Is queerness a technology? Colonial hierarchies originally developed alongside scientific hierarchies in the eighteenth and nineteenth centuries as strategies of world-building that directed power flows in specific directions. Division became a methodology for conquest, moreover division of geography into unstable and fractious pieces was a tactic for maintaining the power flows of conquest when the conquerors were deposed and sent packing in the first half of the twentieth century. What we call “the Global South” is in fact a collection of empires and colonies organized and reorganized into new shapes throughout the subsequent century. Borders and time zones organized our bodies in unstable ways, reflected in televised global conflicts that stoked anxiety and violence at the turn of the millennium. Inasmuch as it invites us to reorganize ourselves and cross the borders we’ve put around our own experiences, we can understand queerness as a technology of which drag or camouflage is but one aspect.
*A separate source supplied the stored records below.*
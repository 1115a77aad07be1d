//! Files by the names that words give them.

ghost use Rattle.std.specs.Prelude.{◌≡◌, None};

use crate::folders::{Below, Folders};
use ice_desk::{Files, ReadFault};
use std::alloc::Global;

/// The files of a system by their names: each lies below the folder that the front of its name says, up to the last
/// slash.
#[derive(Drop)]
pub struct NamedFiles<'a, D> {
    folders: &'a D,
}

impl<'a, D: Folders> NamedFiles<'a, D> {
    /// The files of these folders.
    pub fn new(folders: &'a D) -> Self
        ensures { result.folders.now ≡ folders.now }
    {
        NamedFiles { folders }
    }

    /// The files of the folder that the front of a name says.
    fn beside<'b>(&'b self, name: &'b str) -> Below<'b, D>
        ensures { result.folders.now ≡ self.now.folders.now }
    {
        match name.rsplit_once('/') {
            Some((folder, _)) => Below::new(self.folders, folder, folder),
            None => Below::new(self.folders, ".", ""),
        }
    }
}

impl<D: Folders> Files for NamedFiles<'_, D> {
    ghost use Rattle.icescan_files.specs.Folders.{named};

    ghost world = { λ _. None };

    ghost gives = { λ files. named (D.gives files.folders.now) };

    ghost may_fail = { λ _ _. Unit {0} };

    fn read(&self, alloc: Global, path: &str) -> Result<Vec<u8>, ReadFault> {
        self.beside(path).read(alloc, path)
    }

    fn read_into(&self, alloc: Global, path: &str, bytes: &mut Vec<u8>) -> Result<(), ReadFault> {
        self.beside(path).read_into(alloc, path, bytes)
    }
}
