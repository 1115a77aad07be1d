//! Where new files are put.

ghost use Rattle.std.specs.Prelude.{◌≡◌, ℕ, List, Option, None, OnOk, OnErr, IfErr, IsTrue};
ghost use Rattle.icescan_files.specs.Bundles.{File};
ghost use Rattle.icescan_files.specs.Stores.{MayLack, MayRefuse, Puts, PutsAll, StopsAt, WereFree};
ghost use Rattle.icescan_files.specs.Disks.{ArePlaced, Event, Extends, IsPlacedAt, NotPlacedAt, StopsPlacing};

use contract_words::{Items, Text};
use std::alloc::Global;

/// Why a file was not put.
#[derive(Clone, Copy, Debug, PartialEq, Eq)]
pub enum StoreFault {
    /// Something stands at the path already; it is as it was.
    There,
    /// The path names no place here, writing failed, or it is not sure that the file lasts.
    Failed,
    /// A growth was refused.
    Memory,
}

/// Takes new files. What stands at a path is never replaced.
pub trait Store {
    /// The files that it has, the newest last, where it tells them.
    ghost files: { Self → Option (List File) };

    /// Putting a file may fail.
    ghost may_fail: { Self → Type 0 };

    /// The calls that were made to its disk so far, each with how it ended; where it tells them.
    ghost events: { Self → Option (List Event) } = { λ _. None };

    /// The name that the file of a path has on its disk, and a name that it may have until it is whole.
    ghost names: { Self → List ℕ → List ℕ → List ℕ → Type 0 } = { λ _ _ _ _. ⊥ };

    /// Whether a path is known to have no place here, before any call to a disk: a file can't be put there.
    fn has_no_place(&self, _path: &str) -> bool
        ensures { IsTrue result → may_fail self.now }
    {
        false
    }

    /// Puts a file where there was none. A reader finds the whole file or none, also after a refusal and where the
    /// process is killed.
    fn create_new(&mut self, alloc: Global, path: &str, bytes: &[u8]) -> Result<(), StoreFault>
        ensures free { OnOk result (MayLack (files self.old) path.now) }
        ensures puts { OnOk result (Puts (files self.old) (files self.new) path.now bytes.now) }
        ensures none { OnErr result (files self.new ≡ files self.old) }
        ensures cause { IfErr result (MayRefuse (files self.old) (may_fail self.old) path.now) }
        ensures still { may_fail self.new → may_fail self.old }

        // What is done on the disk, in which order.
        ensures placed { OnOk result (Extends (events self.old) (events self.new)
            (IsPlacedAt (names self.old) path.now bytes.now)) }
        ensures unplaced { IfErr result (λ fault. Extends (events self.old) (events self.new)
            (NotPlacedAt (names self.old) path.now bytes.now fault)) }
        ensures named { (path name aside : List ℕ) → names self.new path name aside → names self.old path name aside };
}

/// Puts files in their order, up to the first that is refused.
pub fn put_files<S: Store>(
    alloc: Global,
    store: &mut S,
    files: &[(Text, Items<u8>)],
) -> Result<(), StoreFault>
    ensures all { OnOk result (PutsAll (S.files store.old) (S.files store.new) files.now) }
    ensures free { OnOk result (WereFree (S.files store.old) files.now) }
    ensures stops { IfErr result (StopsAt (S.files store.old) (S.files store.new) (S.may_fail store.old) files.now) }
    ensures still { S.may_fail store.new → S.may_fail store.old }

    // What is done on the disk, in which order.
    ensures placed { OnOk result (Extends (S.events store.old) (S.events store.new)
        (ArePlaced (S.names store.old) files.now)) }
    ensures unplaced { IfErr result (λ fault. Extends (S.events store.old) (S.events store.new)
        (StopsPlacing (S.names store.old) files.now fault)) }
    ensures named { (path name aside : List ℕ) → S.names store.new path name aside → S.names store.old path name aside }
{
    'files: for file in files {
        let (path, bytes) = file;
        store.create_new(alloc, path.as_str(), bytes.as_slice())?;
    }
    Ok(())
}
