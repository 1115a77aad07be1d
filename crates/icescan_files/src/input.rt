//! Reading standard input, or a file, to its end.

ghost use Rattle.std.specs.Prelude.{◌≡◌, ◌⊎◌, ◌<◌, ◌≤◌, ◌+◌, ◌*◌, drop, length, take, vec_len};
ghost use Rattle.std.specs.Prelude.{IfErr, IfOk, IfSome, OnErr, OnOk};
ghost use Rattle.std.specs.Io.KnownBytes.{Consumes, IsAtEnd, Keeps};

use ice_desk::ReadFault;
use std::alloc::{AllocError, Global};
use std::io::{self, ErrorKind, Read};

/// How many reads of standard input, or of one file, are made at most.
pub const MOST_READS: u64 = 16_777_216;

/// How many bytes a read gives at most.
const MOST_AT_ONCE: usize = 65_536;

/// Room is made for so many bytes at least.
const LEAST_ROOM: usize = 4096;

/// What room is made of.
static ZEROS: [u8; MOST_AT_ONCE] = [0; MOST_AT_ONCE];

/// Room for the bytes of one read.
pub(crate) fn room(alloc: Global) -> Result<Vec<u8>, AllocError>
    ensures { IfOk result (λ room. vec_len room ≡ 65536) }
{
    vec![in alloc; 0; MOST_AT_ONCE]
}

/// Makes room for a read behind the bytes that were read, where there is none: as much again, up to what a read gives.
/// What stands there from an earlier file is room too, and is not cleared.
fn make_room(bytes: &mut Vec<u8>, filled: usize) -> Result<(), AllocError>
    requires { filled ≤ vec_len bytes.old }
    ensures front { take filled bytes.new.items ≡ take filled bytes.old.items }
    ensures within { filled ≤ vec_len bytes.new }
    ensures room { OnOk result (filled < vec_len bytes.new) }
{
    if filled < bytes.len() {
        return Ok(());
    }
    bytes.extend_from_slice(&ZEROS[..filled.clamp(LEAST_ROOM, MOST_AT_ONCE)])
}

/// Reads once into the bytes from a place on, and says how many it gave.
fn read_at<R: Read>(reader: &mut R, bytes: &mut [u8], at: usize) -> io::Result<usize>
    requires { at < length bytes.old }
    ensures front { take at bytes.new ≡ take at bytes.old }
    ensures fits { IfOk result (λ n. at + n ≤ length bytes.new) }
    ensures most { IfOk result (λ n. n ≤ 65536) }
    ensures read { IfOk result (λ n. Consumes (R.remaining reader.old) (R.remaining reader.new)
        (take n (drop at bytes.new))) }
    ensures end { IfOk result (λ n. n ≡ 0 → IsAtEnd (R.remaining reader.new)) }
    ensures err { OnErr result (Keeps (R.remaining reader.old) (R.remaining reader.new)) }
    ensures same { length bytes.new ≡ length bytes.old }
{
    let most = (bytes.len() - at).min(MOST_AT_ONCE);
    reader.read(&mut bytes[at..at + most])
}

/// Reads once behind the bytes that were read before, and says how many it gave.
fn read_behind<R: Read>(reader: &mut R, bytes: &mut Vec<u8>, filled: usize) -> io::Result<usize>
    requires { filled < vec_len bytes.old }
    ensures front { take filled bytes.new.items ≡ take filled bytes.old.items }
    ensures within { filled ≤ vec_len bytes.new }
    ensures fits { IfOk result (λ n. filled + n ≤ vec_len bytes.new) }
    ensures most { IfOk result (λ n. n ≤ 65536) }
    ensures read { IfOk result (λ n. Consumes (R.remaining reader.old) (R.remaining reader.new)
        (take n (drop filled bytes.new.items))) }
    ensures end { IfOk result (λ n. n ≡ 0 → IsAtEnd (R.remaining reader.new)) }
    ensures err { OnErr result (Keeps (R.remaining reader.old) (R.remaining reader.new)) }
{
    read_at(reader, bytes.as_mut_slice(), filled)
}

/// Puts all that a reader has left in place of what `bytes` has. At most `turns` reads are made: where the last of them
/// does not see the end, or a read fails, it is `Device`. A read that a signal interrupted is made again, and counts. A
/// refusal leaves any bytes.
pub fn read_all_into<R: Read>(
    reader: &mut R,
    turns: u64,
    bytes: &mut Vec<u8>,
) -> Result<(), ReadFault>
    ensures all { OnOk result (IfSome (R.remaining reader.old) (λ left. bytes.new.items ≡ left)) }
    // A read gives at most 65,536 bytes.
    ensures most { OnOk result (length bytes.new.items ≤ turns * 65536) }
    ensures causes { IfErr result (λ e. (e ≡ ReadFault.Device) ⊎ (e ≡ ReadFault.Memory)) }
{
    let mut filled = 0;
    for turn in 0..turns {
        if make_room(bytes, filled).is_err() {
            return Err(ReadFault::Memory);
        }
        match read_behind(reader, bytes, filled) {
            Ok(0) => {
                bytes.truncate(filled);
                return Ok(());
            }
            Ok(count) => filled += count,
            Err(e) => {
                if e.kind() != ErrorKind::Interrupted {
                    return Err(ReadFault::Device);
                }
            }
        }
    }
    Err(ReadFault::Device)
}

/// All that a reader has left. At most `turns` reads are made: where the last of them does not see the end, or a read
/// fails, it is `Device`. A read that a signal interrupted is made again, and counts.
pub fn read_all<R: Read>(alloc: Global, reader: &mut R, turns: u64) -> Result<Vec<u8>, ReadFault>
    ensures all { IfOk result (λ bytes. IfSome (R.remaining reader.old) (λ left. bytes.items ≡ left)) }
    // A read gives at most 65,536 bytes.
    ensures most { IfOk result (λ bytes. length bytes.items ≤ turns * 65536) }
    ensures causes { IfErr result (λ e. (e ≡ ReadFault.Device) ⊎ (e ≡ ReadFault.Memory)) }
{
    let mut bytes = Vec::new(alloc);
    read_all_into(reader, turns, &mut bytes)?;
    Ok(bytes)
}
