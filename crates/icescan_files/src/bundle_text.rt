//! Reading a bundle line by line, so that the digits of one line are held at a time, and not those of all.

ghost use Rattle.std.specs.Prelude.{◌≡◌, ◌≢◌, ◌+◌, ◌*◌, ◌<◌, ◌≤◌, ◌^◌, ◌++◌, ◌∷◌, [], ℕ, List, Ok, Err, None, length};
ghost use Rattle.std.specs.Prelude.{take};
ghost use Rattle.std.specs.Prelude.{IfOk, IfErr, IfSome, OnOk, vec_len};
ghost use Rattle.std.specs.List.{All};
ghost use Rattle.std.specs.Io.KnownBytes.{Consumes, IsAtEnd};
ghost use Rattle.contract_words.specs.Outcome.{Gives};
ghost use Rattle.icescan_files.specs.Bundles.{IsInput, NoBundle, bundle_of, files_from};

use crate::bundle::Bundle;
use crate::input::{MOST_READS, room};
use icescan_text::RunFault;
use memchr::memchr;
use std::alloc::Global;
use std::io::{ErrorKind, Read};

/// What a front of a bundle's text has: the files of its lines, and the bytes behind its last line feed.
#[derive(Drop)]
pub struct Front {
    bundle: Bundle,
    lines: u64,
    begun: Vec<u8>,
}

impl Front {
    /// That of no text.
    pub fn empty(alloc: Global) -> Front
        ensures bundle { result.bundle ≡ [] }
        ensures lines { result.lines ≡ 0 }
        ensures begun { result.begun.items ≡ [] }
    {
        Front {
            bundle: Bundle::empty(alloc),
            lines: 0,
            begun: Vec::new(alloc),
        }
    }

    /// Ends the line that was begun.
    fn end_line(&mut self, alloc: Global) -> Result<(), RunFault>
        requires unbroken { All (λ b. b ≢ 10) self.old.begun.items }
        requires few { self.old.lines + 1 < 2 ^ 64 }
        ensures ok { OnOk result ((rest : List ℕ) →
            files_from self.new.lines self.new.bundle rest ≡
            files_from self.old.lines self.old.bundle (self.old.begun.items ++ 10 ∷ rest)) }
        ensures err { IfErr result (λ e. e ≢ RunFault.Memory → (rest : List ℕ) →
            files_from self.old.lines self.old.bundle (self.old.begun.items ++ 10 ∷ rest) ≡ Err e) }
        ensures lines { OnOk result (self.new.lines ≡ self.old.lines + 1) }
        ensures begun { OnOk result (self.new.begun.items ≡ []) }
    {
        self.lines += 1;
        self.bundle
            .add_line(alloc, self.lines, self.begun.as_slice())?;
        self.begun.clear();
        Ok(())
    }

    /// Ends the line that was begun, with these bytes at its end.
    fn end_line_with(&mut self, alloc: Global, end: &[u8]) -> Result<(), RunFault>
        requires unbroken { All (λ b. b ≢ 10) self.old.begun.items }
        requires end { All (λ b. b ≢ 10) end.now }
        requires few { self.old.lines + 1 < 2 ^ 64 }
        ensures ok { OnOk result ((rest : List ℕ) →
            files_from self.new.lines self.new.bundle rest ≡
            files_from self.old.lines self.old.bundle (self.old.begun.items ++ (end.now ++ 10 ∷ rest))) }
        ensures err { IfErr result (λ e. e ≢ RunFault.Memory → (rest : List ℕ) →
            files_from self.old.lines self.old.bundle (self.old.begun.items ++ (end.now ++ 10 ∷ rest)) ≡ Err e) }
        ensures lines { OnOk result (self.new.lines ≡ self.old.lines + 1) }
        ensures begun { OnOk result (self.new.begun.items ≡ []) }
    {
        self.begun.extend_from_slice(end)?;
        self.end_line(alloc)
    }

    /// Goes on with the next bytes of the text.
    pub fn take(&mut self, alloc: Global, bytes: &[u8]) -> Result<(), RunFault>
        requires unbroken { All (λ b. b ≢ 10) self.old.begun.items }
        requires few { self.old.lines + length bytes.now < 2 ^ 64 }
        ensures ok { OnOk result ((rest : List ℕ) →
            files_from self.new.lines self.new.bundle (self.new.begun.items ++ rest) ≡
            files_from self.old.lines self.old.bundle (self.old.begun.items ++ (bytes.now ++ rest))) }
        ensures err { IfErr result (λ e. e ≢ RunFault.Memory → (rest : List ℕ) →
            files_from self.old.lines self.old.bundle (self.old.begun.items ++ (bytes.now ++ rest)) ≡ Err e) }
        ensures unbroken { OnOk result (All (λ b. b ≢ 10) self.new.begun.items) }
        ensures few { OnOk result (self.new.lines + length self.new.begun.items ≤
            self.old.lines + length self.old.begun.items + length bytes.now) }
    {
        let mut left = bytes;
        'left: while let Some(at) = memchr(b'\n', left) {
            self.end_line_with(alloc, &left[..at])?;
            left = &left[at + 1..];
        }
        self.begun.extend_from_slice(left)?;
        Ok(())
    }

    /// The files of the text, where it ends here.
    pub fn finish(mut self, alloc: Global) -> Result<Bundle, RunFault>
        requires unbroken { All (λ b. b ≢ 10) self.begun.items }
        requires few { self.lines + length self.begun.items < 2 ^ 64 }
        ensures { Gives RunFault.Memory (λ bundle. bundle) result
            (files_from self.lines self.bundle self.begun.items) }
    {
        let line = self.begun.as_slice();
        if line.is_empty() {
            return Ok(self.bundle);
        }
        self.bundle.add_line(alloc, self.lines + 1, line)?;
        Ok(self.bundle)
    }
}

/// Reads once. None is the end; a read that a signal interrupted gives no bytes.
fn read_piece<R: Read>(reader: &mut R, room: &mut [u8]) -> Result<Option<usize>, RunFault>
    requires { 0 < length room.old }
    ensures piece { IfOk result (λ piece. IfSome piece (λ count. count ≤ length room.new)) }
    ensures bytes { IfOk result (λ piece. IfSome piece (λ count.
        Consumes (R.remaining reader.old) (R.remaining reader.new) (take count room.new))) }
    ensures end { result ≡ Ok None → IsAtEnd (R.remaining reader.old) }
    ensures cause { IfErr result (λ e. e ≡ RunFault.Input) }
{
    match reader.read(room) {
        Ok(0) => Ok(None),
        Ok(count) => Ok(Some(count)),
        Err(e) => {
            if e.kind() == ErrorKind::Interrupted {
                Ok(Some(0))
            } else {
                Err(RunFault::Input)
            }
        }
    }
}

/// Reads what is left, at most so many times.
fn read_rest<R: Read>(reader: &mut R, room: &mut [u8], turns: u64) -> Result<(), RunFault>
    requires { 0 < length room.old }
    ensures { IfErr result (λ e. e ≡ RunFault.Input) }
{
    for _ in 0..turns {
        if read_piece(reader, room)?.is_none() {
            return Ok(());
        }
    }
    Err(RunFault::Input)
}

/// The files of the bundle that a reader has left, read through this room.
fn read_lines<R: Read>(alloc: Global, reader: &mut R, room: &mut [u8]) -> Result<Bundle, RunFault>
    requires { (0 < length room.old) × (length room.old ≤ 65536) }
    ensures found { IfOk result (λ bundle. (text : List ℕ) × IsInput (R.remaining reader.old) text ×
        (bundle_of text ≡ Ok bundle)) }
    ensures refused { IfErr result (λ e. (text : List ℕ) × IsInput (R.remaining reader.old) text ×
        NoBundle text e) }
{
    let mut front = Front::empty(alloc);
    for turn in 0..MOST_READS {
        let Some(count) = read_piece(reader, room)? else {
            return front.finish(alloc);
        };
        if let Err(fault) = front.take(alloc, &room[..count]) {
            read_rest(reader, room, MOST_READS - turn - 1)?;
            return Err(fault);
        }
    }
    Err(RunFault::Input)
}

/// The files of the bundle that a reader has left, which is read to its end. The refusal is `Input` where a read fails
/// or the end does not come in 16,777,216 reads of at most 65,536 bytes; else `Bundle` with the first line that is
/// none.
pub fn read_bundle<R: Read>(alloc: Global, reader: &mut R) -> Result<Bundle, RunFault>
    ensures found { IfOk result (λ bundle. (text : List ℕ) × IsInput (R.remaining reader.old) text ×
        (bundle_of text ≡ Ok bundle)) }
    ensures refused { IfErr result (λ e. (text : List ℕ) × IsInput (R.remaining reader.old) text ×
        NoBundle text e) }
{
    let mut room = room(alloc)?;
    read_lines(alloc, reader, room.as_mut_slice())
}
Enter the internet, with promises of borderless flows and unlimited freedoms. In this seemingly infinite information sea, in the words of Nam June Paik, “We're in a boat in the ocean, and we don't know where the shore is.”1 Several decades on, we have subdivided and colonized the internet, while allowing media companies and political parties to subdivide and colonize us. We’ve polluted the stream of information just like we pollute the seas. Internally divided, we are culturally, ecologically, and biologically entangled—but what does entanglement have to do with a queer politics of liberation?
In the era of climate collapse that we colloquially call the “Anthropocene,” the human and masculine chauvinism of our legal systems becomes apparent. Traditionally, laws have been created to privilege humans and give us power over – selectively over other humans as a means of exerting dominance or generically over animal species, plants, lichens, amoebas, minerals, and gases – the stuff of life, whether or not it is itself alive, that we imagine ourselves to transcend when we cultivate the intellect and the visual sensibility of the head. The earth, our life-sustaining ecosystem, is perceived as being “under” us and so its conservation is an afterthought with human economies taking priority. Entanglement proposes the opposite: power with. Nature has its own rights, species are autonomous, and human beings are interdependent on one another and the life world.
What does this look like? It might look like Antigoni Tsagrkrapoulou’s film Dentata Pearls, a 12 minute meditation on interdependency and desire in which bodies entwine and the mysteries of female sexuality are shown to be the greater mysteries of the universe. In this work, as in works by Huntrezz Janos, queer bodies fuse with natural elements such as plants and antlers. Jacolby Satterwhite’s film Avenue B (2018-19) has elements of this fusion as well but loses the utopian tenor in favor of a more confrontational presentation of what it means for Black bodies to be “close to nature.” Zach Blas’ Fag Face Mask (2012) points to how homophobia has been naturalized by the algorithm, turning queerness into a statistical anomaly that can be flagged by a computer. What we presume to be “natural” and what is right, good, and just, are often not the same.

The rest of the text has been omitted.